In contrast to the hopes and fears of its contemporary observers, a striking feature of 19th-century bureaucracy today is its crudeness. The time-consuming, painstaking tasks that constituted the ‘thraldom of the desk’ contrast strongly to today’s near instantaneous communication and free-floating digital networks. The sense of the material character of the office comes across most strongly in the period’s literature: Charles Dickens, Herman Melville and Nikolai Gogol are all famous for portraying the dreary world of the clerk. One of its most vivid depictions, however, comes from Honoré de Balzac’s 1844 novel, Les Employés [The Government Clerks]:
Nature, for the clerk, is the office. His horizon is on all sides bounded by green box-files; for him, atmospheric circumstances are constituted in the air of the corridors, in the breath of other men that fills unventilated rooms, in the smell of papers and pens; his landscape is a cubicle … the heavens for him are a ceiling, to which he addresses his yawns, and his element is dust … Distinguished doctors remonstrate against the influence of this nature – at once savage and civilised – on the moral being contained in these frightful compartments, known as offices.
The offices of the past appear to make a case for remote working today. When paper and pigeonholes were the most advanced means of storing data, gloomy offices were a necessary evil. Surely, now that bureaucracy has shed its gross flesh and ascended to ‘the cloud’, we can say goodbye to these ‘frightful compartments’ forever. However, 19th-century ‘office literature’ also provides a warning.

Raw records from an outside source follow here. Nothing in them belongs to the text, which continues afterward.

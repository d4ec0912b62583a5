//! A debugger in the terminal, without the terminal: lines that somebody types, what is done for them in a session, and what is shown. What is
//! shown of the machine is what a mirror of the session holds then, and so was true of it when the last message was queued.
#![tactic(auto)]

mod asking;
mod beginning;
mod changers;
mod changing;
mod console;
mod errand;
mod expressions;
mod faults;
mod help;
mod link;
mod memory;
mod moving;
mod obeying;
mod page;
mod piece;
mod stop;
mod stop_lists;
mod stops;
mod values;
mod views;
mod watching;

pub use console::{Console, Waits};
pub use page::Screen;
pub use piece::{Form, Listed, Piece, Tone};
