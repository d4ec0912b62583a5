//! The lists of breakpoints that the session is told, and what became of each.

use crate::asking::Answer;
use crate::console::Console;
use crate::piece::{Listed, address_text};
use crate::stops::{At, Breakpoint, text_of};
use protocol::{
    Command, Entries, FunctionBreakpoint, InstructionBreakpoint, SetBreakpointsArguments,
    SetFunctionBreakpointsArguments, SetInstructionBreakpointsArguments, Source, SourceBreakpoint,
    Text,
};
use replies::{
    InstructionBreakpoint as InstructionSet, ResponseBody, SourceBreakpoint as SourceSet,
};
use std::alloc::AllocError;

impl Console {
    /// Tells the session which breakpoints of a list there are; each gets its number, or why it has none. Whether that was done is told.
    pub(crate) fn set_list(&mut self, list: Listed) -> Result<bool, AllocError> {
        let command = self.command_for(list)?;
        match self.ask(command)? {
            Answer::Done(ResponseBody::SetBreakpoints(body)) => {
                self.note_lines(body.breakpoints.as_slice())?;
                Ok(true)
            }
            Answer::Done(ResponseBody::SetFunctionBreakpoints(body)) => {
                self.note_addresses(list, body.breakpoints.as_slice())?;
                Ok(true)
            }
            Answer::Done(ResponseBody::SetInstructionBreakpoints(body)) => {
                self.note_addresses(list, body.breakpoints.as_slice())?;
                Ok(true)
            }
            other => self.is_done(other),
        }
    }

    fn note_lines(&mut self, told: &[SourceSet]) -> Result<(), AllocError> {
        for (index, found) in told.iter().enumerate() {
            match found {
                SourceSet::Verified { id, .. } => self.note_set(Listed::Source, index, *id),
                SourceSet::Unverified { message, .. } => {
                    self.note_unset(Listed::Source, index, message)?;
                }
            }
        }
        Ok(())
    }

    fn note_addresses(&mut self, list: Listed, told: &[InstructionSet]) -> Result<(), AllocError> {
        for (index, found) in told.iter().enumerate() {
            match found {
                InstructionSet::Verified { id, .. } => self.note_set(list, index, *id),
                InstructionSet::Unverified { message } => self.note_unset(list, index, message)?,
            }
        }
        Ok(())
    }

    fn note_set(&mut self, list: Listed, index: usize, id: u32) {
        if let Some(breakpoint) = nth(&mut self.breakpoints, list, index) {
            breakpoint.id = id;
        }
    }

    fn note_unset(&mut self, list: Listed, index: usize, why: &Text) -> Result<(), AllocError> {
        let why = String::from_str(self.alloc, why.as_str())?;
        if let Some(breakpoint) = nth(&mut self.breakpoints, list, index) {
            breakpoint.why = Some(why);
        }
        Ok(())
    }

    fn command_for(&self, list: Listed) -> Result<Command, AllocError> {
        match list {
            Listed::Source => Ok(Command::SetBreakpoints(SetBreakpointsArguments {
                source: Source {
                    path: Some(text_of(self.alloc, self.path.as_str())?),
                },
                breakpoints: Entries::from_vec(self.lines_asked()?),
            })),
            Listed::Functions => Ok(Command::SetFunctionBreakpoints(
                SetFunctionBreakpointsArguments {
                    breakpoints: Entries::from_vec(self.labels_asked()?),
                },
            )),
            Listed::Instructions => Ok(Command::SetInstructionBreakpoints(
                SetInstructionBreakpointsArguments {
                    breakpoints: Entries::from_vec(self.addresses_asked()?),
                },
            )),
        }
    }

    fn lines_asked(&self) -> Result<Vec<SourceBreakpoint>, AllocError> {
        let mut asked = Vec::new(self.alloc);
        for breakpoint in self.breakpoints.as_slice() {
            if let At::Line(line) = breakpoint.at {
                asked.push(self.line_asked(line, breakpoint)?)?;
            }
        }
        Ok(asked)
    }

    fn line_asked(
        &self,
        line: u32,
        breakpoint: &Breakpoint,
    ) -> Result<SourceBreakpoint, AllocError> {
        Ok(SourceBreakpoint {
            line,
            condition: self.condition_of(breakpoint)?,
            hit_condition: self.hits_of(breakpoint)?,
            log_message: match &breakpoint.message {
                Some(message) => Some(text_of(self.alloc, message.as_str())?),
                None => None,
            },
        })
    }

    fn labels_asked(&self) -> Result<Vec<FunctionBreakpoint>, AllocError> {
        let mut asked = Vec::new(self.alloc);
        for breakpoint in self.breakpoints.as_slice() {
            if let At::Label(label) = &breakpoint.at {
                asked.push(self.label_asked(label.as_str(), breakpoint)?)?;
            }
        }
        Ok(asked)
    }

    fn label_asked(
        &self,
        label: &str,
        breakpoint: &Breakpoint,
    ) -> Result<FunctionBreakpoint, AllocError> {
        Ok(FunctionBreakpoint {
            name: text_of(self.alloc, label)?,
            condition: self.condition_of(breakpoint)?,
            hit_condition: self.hits_of(breakpoint)?,
        })
    }

    fn addresses_asked(&self) -> Result<Vec<InstructionBreakpoint>, AllocError> {
        let mut asked = Vec::new(self.alloc);
        for breakpoint in self.breakpoints.as_slice() {
            if let At::Address(address) = breakpoint.at {
                asked.push(self.address_asked(address, breakpoint)?)?;
            }
        }
        Ok(asked)
    }

    fn address_asked(
        &self,
        address: u32,
        breakpoint: &Breakpoint,
    ) -> Result<InstructionBreakpoint, AllocError> {
        Ok(InstructionBreakpoint {
            instruction_reference: Text::from_string(address_text(self.alloc, address)?),
            offset: 0,
            condition: self.condition_of(breakpoint)?,
            hit_condition: self.hits_of(breakpoint)?,
        })
    }

    fn condition_of(&self, breakpoint: &Breakpoint) -> Result<Option<Text>, AllocError> {
        match &breakpoint.condition {
            Some(text) => Ok(Some(Text::from_string(self.with_addresses(text.as_str())?))),
            None => Ok(None),
        }
    }

    fn hits_of(&self, breakpoint: &Breakpoint) -> Result<Option<Text>, AllocError> {
        match breakpoint.hits {
            Some(hits) => Ok(Some(Text::from_string(hits.to_string(self.alloc)?))),
            None => Ok(None),
        }
    }
}

// The breakpoint at an index of a list.
fn nth(breakpoints: &mut Vec<Breakpoint>, list: Listed, index: usize) -> Option<&mut Breakpoint> {
    let mut left = index;
    for breakpoint in breakpoints.iter_mut() {
        if breakpoint.list() == list {
            if left == 0 {
                return Some(breakpoint);
            }
            left -= 1;
        }
    }
    None
}
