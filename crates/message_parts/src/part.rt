//! The parts of messages: how each is written, and what a JSON value is taken for.
ghost use Rattle.std.specs.Prelude.{OnOk};
ghost use Rattle.protocol.specs.Arguments.{Reads};
ghost use Rattle.serde_json.specs.Data.{array};
ghost use Rattle.serde_json.specs.View.{view, items_view};
ghost use Rattle.message_parts.specs.Forms.{Form, all_found, items_of, whole};
ghost use Rattle.message_parts.specs.Written.{IsWritten, ItemsWritten};

use crate::find;
use json::Writer;
use protocol::{Entries, Text, Unread};
use serde_json::Value;
use std::alloc::{AllocError, Global};

/// A kind of value in messages. Its form is as which JSON value it is written, and what a JSON value
/// is taken for.
pub trait Part: Drop {
    ghost form: { Form Self };

    /// Writes it. It fails where no memory is left, and then the writer is of no more use.
    fn write(&self, out: &mut Writer) -> Result<(), AllocError>
        ensures { OnOk result (IsWritten out.old out.new (form.value self.now)) };

    /// What the JSON value is taken for. `Bad` where it is taken for none, `NoMemory` where no memory is left.
    fn read(alloc: Global, value: &Value) -> Result<Self, Unread>
        ensures { Reads result (form.found (view value.now)) };
}

/// A whole number of 32 bits.
impl Part for u32 {
    ghost use Rattle.message_parts.specs.Forms.{whole};

    ghost form = { whole };

    fn write(&self, out: &mut Writer) -> Result<(), AllocError> {
        number(out, *self)
    }

    fn read(_alloc: Global, value: &Value) -> Result<u32, Unread> {
        find::whole(value)
    }
}

/// A whole number of 32 bits, written.
fn number(out: &mut Writer, number: u32) -> Result<(), AllocError>
    ensures { OnOk result (IsWritten out.old out.new (whole.value number)) }
{
    out.u64(u64::from(number))
}

/// A text.
impl Part for Text {
    ghost use Rattle.message_parts.specs.Forms.{text};

    ghost form = { text };

    fn write(&self, out: &mut Writer) -> Result<(), AllocError> {
        out.string(self.as_str())
    }

    fn read(alloc: Global, value: &Value) -> Result<Text, Unread> {
        find::string(alloc, value)
    }
}

/// A list of such values.
impl<T: Part> Part for Entries<T> {
    ghost use Rattle.message_parts.specs.Forms.{list};

    ghost form = { list T.form };

    fn write(&self, out: &mut Writer) -> Result<(), AllocError> {
        out.begin_array()?;
        write_each(out, self.as_slice())?;
        out.end_array()
    }

    fn read(alloc: Global, value: &Value) -> Result<Entries<T>, Unread> {
        let values = value.as_array().ok_or(Unread::Bad)?;
        read_each(alloc, values.as_slice())
    }
}

/// The entries of a list, one after the other.
fn write_each<T: Part>(out: &mut Writer, entries: &[T]) -> Result<(), AllocError>
    ensures { OnOk result (ItemsWritten out.old out.new (items_of T.form.value entries.now)) }
{
    for entry in entries {
        entry.write(out)?;
    }
    Ok(())
}

/// What the entries of a list are taken for.
fn read_each<T: Part>(alloc: Global, values: &[Value]) -> Result<Entries<T>, Unread>
    ensures { Reads result (all_found T.form.found (items_view values.now)) }
{
    let mut entries = Vec::with_capacity(alloc, values.len())?;
    for value in values {
        entries.push(T::read(alloc, value)?)?;
    }
    Ok(Entries::from_vec(entries))
}
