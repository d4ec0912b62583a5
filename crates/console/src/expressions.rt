//! Expressions: labels in them are addresses, and characters numbers; what has no value is told why.

use crate::asking::{Answer, words_of};
use crate::console::Console;
use crate::piece::address_text;
use crate::stops::text_of;
use image::LineTable;
use protocol::{Command, EvaluateArguments, Refusal};
use replies::ResponseBody;
use rv32i::reg_named;
use std::alloc::{AllocError, Global};
use std::str;

/// A part of an expression.
#[derive(Drop)]
pub(crate) enum Token<'a> {
    /// A name: a register's, or a label's.
    Name(&'a [u8]),
    /// A character between quotes.
    Character(u8),
    /// Digits, or a sign.
    Other(&'a [u8]),
}

impl Console {
    /// The value of an expression. Where it has none, why is said.
    pub(crate) fn value_of(&mut self, text: &str) -> Result<Option<u32>, AllocError> {
        let expression = self.with_addresses(text)?;
        match self.evaluate(expression.as_str())? {
            Answer::Done(ResponseBody::Evaluate(body)) => Ok(Some(body.result)),
            Answer::Refused(Refusal::BadExpression, _) => {
                self.explain(text)?;
                Ok(None)
            }
            other => {
                drop(self.is_done(other)?);
                Ok(None)
            }
        }
    }

    /// The value of an expression whose labels are addresses. `None`: it has none.
    pub(crate) fn evaluated(&mut self, expression: &str) -> Result<Option<u32>, AllocError> {
        match self.evaluate(expression)? {
            Answer::Done(ResponseBody::Evaluate(body)) => Ok(Some(body.result)),
            _ => Ok(None),
        }
    }

    fn evaluate(&mut self, expression: &str) -> Result<Answer, AllocError> {
        let expression = text_of(self.alloc, expression)?;
        self.ask(Command::Evaluate(EvaluateArguments {
            expression,
            frame_id: None,
        }))
    }

    /// An expression with the addresses of its labels in their places, and the numbers of its characters.
    pub(crate) fn with_addresses(&self, text: &str) -> Result<String, AllocError> {
        let mut expression = Vec::new(self.alloc);
        let mut rest = text.as_bytes();
        for _ in 0..text.len() {
            let (token, after) = token_in(rest);
            self.push_token(&mut expression, token)?;
            rest = after;
        }
        match String::from_utf8(expression) {
            Ok(expression) => Ok(expression),
            Err(_) => String::from_str(self.alloc, text),
        }
    }

    fn push_token(&self, expression: &mut Vec<u8>, token: Token<'_>) -> Result<(), AllocError> {
        match token {
            Token::Name(name) => match self.address_named(name) {
                Some(address) => {
                    let text = address_text(self.alloc, address)?;
                    expression.extend_from_slice(text.as_bytes())
                }
                None => expression.extend_from_slice(name),
            },
            Token::Character(byte) => {
                let text = byte.to_string(self.alloc)?;
                expression.extend_from_slice(text.as_bytes())
            }
            Token::Other(text) => expression.extend_from_slice(text),
        }
    }

    // The address of the label of a name that is no register's.
    fn address_named(&self, name: &[u8]) -> Option<u32> {
        if is_register(name) {
            return None;
        }
        match str::from_utf8(name) {
            Ok(name) => self.label_address(name),
            Err(_) => None,
        }
    }

    /// The address of the label of a name.
    pub(crate) fn label_address(&self, name: &str) -> Option<u32> {
        self.lines()?.label_address(name)
    }

    /// Where the lines and labels of the program are.
    pub(crate) fn lines(&self) -> Option<&LineTable> {
        match &self.image {
            Some(image) => Some(&image.lines),
            None => None,
        }
    }

    // Says why an expression has no value: a name that nothing has, or an address outside memory; or only that.
    fn explain(&mut self, text: &str) -> Result<(), AllocError> {
        if let Some(words) = self.unknown_in(text)? {
            return self.refuse(words.as_str());
        }
        if let Some(words) = self.outside_in(text)? {
            return self.refuse(words.as_str());
        }
        let alloc = self.alloc;
        let words = format!(in alloc; "{text}: no expression")?;
        self.refuse(words.as_str())
    }

    fn unknown_in(&self, text: &str) -> Result<Option<String>, AllocError> {
        let alloc = self.alloc;
        match self.unknown_name(text.as_bytes()) {
            Some(name) => match str::from_utf8(name) {
                Ok(name) => Ok(Some(format!(in alloc; "{name} is no register and no label")?)),
                Err(_) => Ok(None),
            },
            None => Ok(None),
        }
    }

    // The first name in a text that neither a register nor a label has.
    fn unknown_name<'a>(&self, text: &'a [u8]) -> Option<&'a [u8]> {
        let mut rest = text;
        for _ in 0..text.len() {
            let (token, after) = token_in(rest);
            if let Token::Name(name) = token
                && !is_register(name)
                && self.address_named(name).is_none()
            {
                return Some(name);
            }
            rest = after;
        }
        None
    }

    // Of the innermost brackets that come first: that their address is outside memory, if it is.
    fn outside_in(&mut self, text: &str) -> Result<Option<String>, AllocError> {
        let Some(inner) = innermost(text) else {
            return Ok(None);
        };
        let expression = self.with_addresses(inner)?;
        let Some(address) = self.evaluated(expression.as_str())? else {
            return Ok(None);
        };
        if self.has_word(address)? {
            return Ok(None);
        }
        let alloc = self.alloc;
        let address = address_text(alloc, address)?;
        Ok(Some(format!(in alloc; "[{inner}]: {address} is outside memory")?))
    }

    /// Whether memory has a word at an address; the mirror then has it.
    pub(crate) fn has_word(&mut self, address: u32) -> Result<bool, AllocError> {
        match self.ask_memory(address, 4)? {
            Answer::Done(ResponseBody::ReadMemory(body)) => Ok(body.unreadable_bytes == 0),
            _ => Ok(false),
        }
    }
}

// The text in the first pair of brackets that has none in it.
fn innermost(text: &str) -> Option<&str> {
    let (before, _) = text.split_once(']')?;
    let (_, inner) = before.rsplit_once('[')?;
    Some(inner)
}

fn is_register(name: &[u8]) -> bool {
    if name == b"pc".as_slice() || name == b"fp".as_slice() {
        return true;
    }
    reg_named(name).is_some() || is_numbered(name)
}

// Whether a name is `x` and digits.
fn is_numbered(name: &[u8]) -> bool {
    match name {
        [b'x', digits @ ..] => !digits.is_empty() && digits.iter().all(|b| b.is_ascii_digit()),
        _ => false,
    }
}

fn is_name_byte(byte: u8) -> bool {
    byte.is_ascii_alphanumeric() || byte == b'_' || byte == b'.' || byte == b'$'
}

/// The first part of an expression, and what follows it.
pub(crate) fn token_in(text: &[u8]) -> (Token<'_>, &[u8]) {
    match text {
        [b'\'', byte, b'\'', rest @ ..] => (Token::Character(*byte), rest),
        [first, ..] if first.is_ascii_digit() => {
            let (digits, rest) = named(text);
            (Token::Other(digits), rest)
        }
        [first, ..] if is_name_byte(*first) => {
            let (name, rest) = named(text);
            (Token::Name(name), rest)
        }
        [_, rest @ ..] => (Token::Other(first_of(text)), rest),
        [] => (Token::Other(text), text),
    }
}

// The first byte, as a text.
fn first_of(text: &[u8]) -> &[u8] {
    match text.split_at_checked(1) {
        Some((first, _)) => first,
        None => text,
    }
}

// The bytes of a name or a number at the beginning, and what follows them.
fn named(text: &[u8]) -> (&[u8], &[u8]) {
    let length = text.iter().take_while(|byte| is_name_byte(**byte)).count();
    match text.split_at_checked(length) {
        Some(parts) => parts,
        None => (text, b""),
    }
}
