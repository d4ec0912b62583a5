//! Where the value of an expression can have become another one, by what it reads.

use crate::expressions::{Token, token_in};
use prompt::Direction;
use rv32i::{Instr, destination, reg_in};

/// What an expression reads: its value is another one only where one of these is.
#[derive(Clone, Copy)]
pub(crate) struct Reads {
    registers: [bool; 32],
    memory: bool,
    pc: bool,
}

/// Where an instruction is seen to have changed something.
#[derive(Clone, Copy)]
pub(crate) enum Place {
    /// Nowhere: it does not change it.
    Nowhere,
    /// At an address.
    At(u32),
    /// Wherever it goes on.
    Anywhere,
}

impl Reads {
    /// What this expression reads, in which labels are addresses.
    pub(crate) fn of(expression: &str) -> Reads {
        let mut reads = Reads {
            registers: [false; 32],
            memory: false,
            pc: false,
        };
        let mut rest = expression.as_bytes();
        for _ in 0..expression.len() {
            let (token, after) = token_in(rest);
            match token {
                Token::Name(name) => reads.add(name),
                Token::Other(text) => reads.memory |= text == b"[".as_slice(),
                Token::Character(_) => {}
            }
            rest = after;
        }
        reads
    }

    fn add(&mut self, name: &[u8]) {
        if name == b"pc".as_slice() {
            self.pc = true;
        } else if let Some(number) = reg_in(name)
            && let Some(is_read) = self.registers.get_mut(number as usize)
        {
            *is_read = true;
        }
    }

    /// Where the instruction at an address is seen to have changed one of these: on, after it, and back, before it.
    pub(crate) fn place(&self, direction: Direction, address: u32, instr: &Instr) -> Place {
        match (direction, instr) {
            _ if self.pc => Place::Anywhere,
            _ if !self.are_changed_by(instr) => Place::Nowhere,
            (Direction::Backward, _) => Place::At(address),
            (Direction::Forward, Instr::Jal { .. } | Instr::Jalr { .. }) => Place::Anywhere,
            (Direction::Forward, _) => Place::At(address.wrapping_add(4)),
        }
    }

    fn are_changed_by(&self, instr: &Instr) -> bool {
        match instr {
            Instr::Sb { .. } | Instr::Sh { .. } | Instr::Sw { .. } => self.memory,
            _ => self.registers[destination(instr).number()],
        }
    }
}
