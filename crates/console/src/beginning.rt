//! How a program is launched.

use crate::console::{Console, REGISTERS, Waits};
use crate::errand::Errand;
use crate::link::Link;
use crate::stops::text_of;
use assembler::{AsmErrorKind, assemble};
use protocol::{Command, InitializeArguments, LaunchArguments};
use std::alloc::AllocError;

impl Console {
    /// Launches the program of a text in a session of its own, and stops it before its first instruction.
    pub(crate) fn begin(&mut self, text: &[u8]) -> Result<(), AllocError> {
        self.renew()?;
        self.text = Vec::from_slice(self.alloc, text)?;
        self.assemble()?;
        if self.is_launched(text)? {
            self.set_again()?;
            self.start_up()?;
        }
        Ok(())
    }

    // Nothing is known of a program.
    fn renew(&mut self) -> Result<(), AllocError> {
        match Link::new(self.alloc, self.memory_size) {
            Ok(link) => self.link = link,
            Err(_) => return Err(AllocError),
        }
        self.before = [None; REGISTERS];
        self.has_changed = [false; REGISTERS];
        self.here = None;
        self.stop = None;
        self.has_ended = false;
        self.errand = Errand::Nothing;
        self.waits = Waits::Line;
        Ok(())
    }

    // Where the lines and labels are.
    fn assemble(&mut self) -> Result<(), AllocError> {
        match assemble(self.alloc, self.text.as_slice(), self.memory_size) {
            Ok(image) => {
                self.image = Some(image);
                Ok(())
            }
            Err(error) if error.kind == AsmErrorKind::NoMemory => Err(AllocError),
            Err(_) => {
                self.image = None;
                Ok(())
            }
        }
    }

    fn is_launched(&mut self, text: &[u8]) -> Result<bool, AllocError> {
        let initialize = Command::Initialize(InitializeArguments {
            lines_start_at1: true,
            columns_start_at1: true,
        });
        if !self.does(initialize)? {
            return Ok(false);
        }
        let launch = Command::Launch(LaunchArguments {
            program: text_of(self.alloc, self.path.as_str())?,
            stop_on_entry: true,
        });
        let answer = self.ask_with(launch, Some(text))?;
        self.is_done(answer)
    }

    // The program is started, and stops at its entry.
    fn start_up(&mut self) -> Result<(), AllocError> {
        if !self.does(Command::ConfigurationDone)? {
            return Ok(());
        }
        let _ = self.link.slice(1)?;
        drop(self.hear()?);
        self.stop = None;
        self.look()?;
        self.note_registers();
        self.show_place()
    }

    // The registers that the program begins with have not changed.
    fn note_registers(&mut self) {
        for number in 0..32 {
            self.before[number as usize] = self.link.mirror().register(number);
        }
    }
}
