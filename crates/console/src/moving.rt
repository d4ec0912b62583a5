//! How the program moves, and when it has arrived.

use crate::console::{Console, Waits};
use crate::errand::Errand;
use prompt::Motion;
use protocol::granularity::Granularity;
use protocol::{Command, StepArguments, ThreadArguments};
use replies::{Reason, Stopped};
use std::alloc::AllocError;
use std::{cmp, mem};

/// The thread of the hart.
pub(crate) const HART: i32 = 1;

impl Console {
    /// Sets out for a motion, this many times.
    pub(crate) fn start(&mut self, motion: Motion, times: u32) -> Result<(), AllocError> {
        self.motion = Some((motion, times));
        if times > 0 && self.set_out(motion)? {
            self.errand = Errand::Motion(motion, times - 1);
        }
        Ok(())
    }

    /// Asks for a motion; if it is refused, why is said. Whether the program moves is told.
    pub(crate) fn set_out(&mut self, motion: Motion) -> Result<bool, AllocError> {
        self.stop = None;
        let moves = self.does(command_of(motion))?;
        if moves {
            self.here = None;
            self.waits = Waits::Time;
        }
        Ok(moves)
    }

    /// Gives the program time for this many moves, or until it has arrived.
    pub(crate) fn go(&mut self, moves: u32) -> Result<(), AllocError> {
        let mut left = moves;
        for _ in 0..moves {
            if left == 0 || self.waits != Waits::Time {
                break;
            }
            let moved = self.go_on(left)?;
            left = left.saturating_sub(cmp::max(moved, 1));
        }
        Ok(())
    }

    // A slice, and what follows from what it says.
    fn go_on(&mut self, moves: u32) -> Result<u32, AllocError> {
        let moved = self.link.slice(self.errand.most(moves))?;
        drop(self.hear()?);
        if self.errand.is_spent(moved) && self.stop.is_none() && !self.has_ended {
            drop(self.does(Command::Pause(thread()))?);
        }
        self.settle()?;
        Ok(moved)
    }

    fn settle(&mut self) -> Result<(), AllocError> {
        if self.has_ended {
            return self.end();
        }
        let Some(stop) = self.stop.take() else {
            return Ok(());
        };
        let settled = self.settle_at(&stop);
        drop(stop);
        settled
    }

    // The program stopped: it goes on, if that is what it was sent for.
    fn settle_at(&mut self, stop: &Stopped) -> Result<(), AllocError> {
        match mem::replace(&mut self.errand, Errand::Nothing) {
            Errand::Motion(motion, left) if left > 0 && is_met(motion, stop) => {
                self.again(motion, left - 1, stop)
            }
            Errand::Change(change) => self.compare(change, stop),
            other => {
                drop(other);
                self.arrive(stop)
            }
        }
    }

    fn again(&mut self, motion: Motion, left: u32, stop: &Stopped) -> Result<(), AllocError> {
        if self.set_out(motion)? {
            self.errand = Errand::Motion(motion, left);
            return Ok(());
        }
        self.arrive(stop)
    }

    // The program has ended.
    fn end(&mut self) -> Result<(), AllocError> {
        self.errand = Errand::Nothing;
        self.waits = Waits::Line;
        self.show_end()
    }

    /// The program stands where it was sent, or where something stopped it.
    pub(crate) fn arrive(&mut self, stop: &Stopped) -> Result<(), AllocError> {
        self.waits = Waits::Line;
        self.show_stop(stop)
    }

    // What the program was sent for ends at the next stop.
    fn pause_errand(&mut self) {
        match &mut self.errand {
            Errand::Motion(_, left) => *left = 0,
            Errand::Change(change) => change.is_watched = true,
            Errand::Nothing => {}
        }
    }

    /// Asks the program to stop, if it runs.
    pub(crate) fn interrupt(&mut self) -> Result<(), AllocError> {
        if self.waits != Waits::Time {
            return Ok(());
        }
        self.pause_errand();
        drop(self.does(Command::Pause(thread()))?);
        Ok(())
    }
}

/// The hart, as an argument.
pub(crate) fn thread() -> ThreadArguments {
    ThreadArguments { thread_id: HART }
}

fn step(granularity: Granularity) -> StepArguments {
    StepArguments {
        thread_id: HART,
        granularity,
    }
}

fn command_of(motion: Motion) -> Command {
    match motion {
        Motion::Continue => Command::Continue(thread()),
        Motion::Step => Command::StepIn(step(Granularity::Statement)),
        Motion::Next => Command::Next(step(Granularity::Statement)),
        Motion::Finish => Command::StepOut(step(Granularity::Statement)),
        Motion::StepInstruction => Command::StepIn(step(Granularity::Instruction)),
        Motion::NextInstruction => Command::Next(step(Granularity::Instruction)),
        Motion::Back => Command::StepBack(step(Granularity::Instruction)),
        Motion::ReverseContinue => Command::ReverseContinue(thread()),
    }
}

// Whether a stop is what a motion leads to, and nothing else came between.
fn is_met(motion: Motion, stop: &Stopped) -> bool {
    if stop.text.is_some() {
        return false;
    }
    match motion {
        Motion::Continue | Motion::ReverseContinue => is_breakpoint(stop.reason),
        _ => stop.reason == Reason::Step,
    }
}

/// Whether it is a breakpoint that stopped the program.
pub(crate) fn is_breakpoint(reason: Reason) -> bool {
    match reason {
        Reason::Breakpoint | Reason::InstructionBreakpoint | Reason::FunctionBreakpoint => true,
        _ => false,
    }
}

To the remote worker of the 2020s, J.K. Huysmans’ 1888 novella Monsieur Bougran’s Retirement reads like a cautionary tale. Forced into retirement from the civil service, Bougran is at a loss. Despondently strolling around an orchard, he sees trees that ‘no longer had the form of trees’: ‘under the pretext of extracting better fruits’ from them, they had been ‘murdered’. Realising that his spirit has been similarly mutilated by office life Bougran resolves to replicate his old job at home. He constructs an office in his flat and whiles away his days copying and amending letters – he even ‘commutes’ via a walk around the block every morning. He dies ‘happy’: at his desk, halfway through penning a final document.
For Huysmans the most profound effects of office life could be felt well beyond its walls – and what was once a self-contained workplace is today indeterminate. Whether we work remotely or not, the death of the office has been greatly exaggerated.
Daniel Jenkin-Smith is an associate lecturer at Aston University, Birmingham.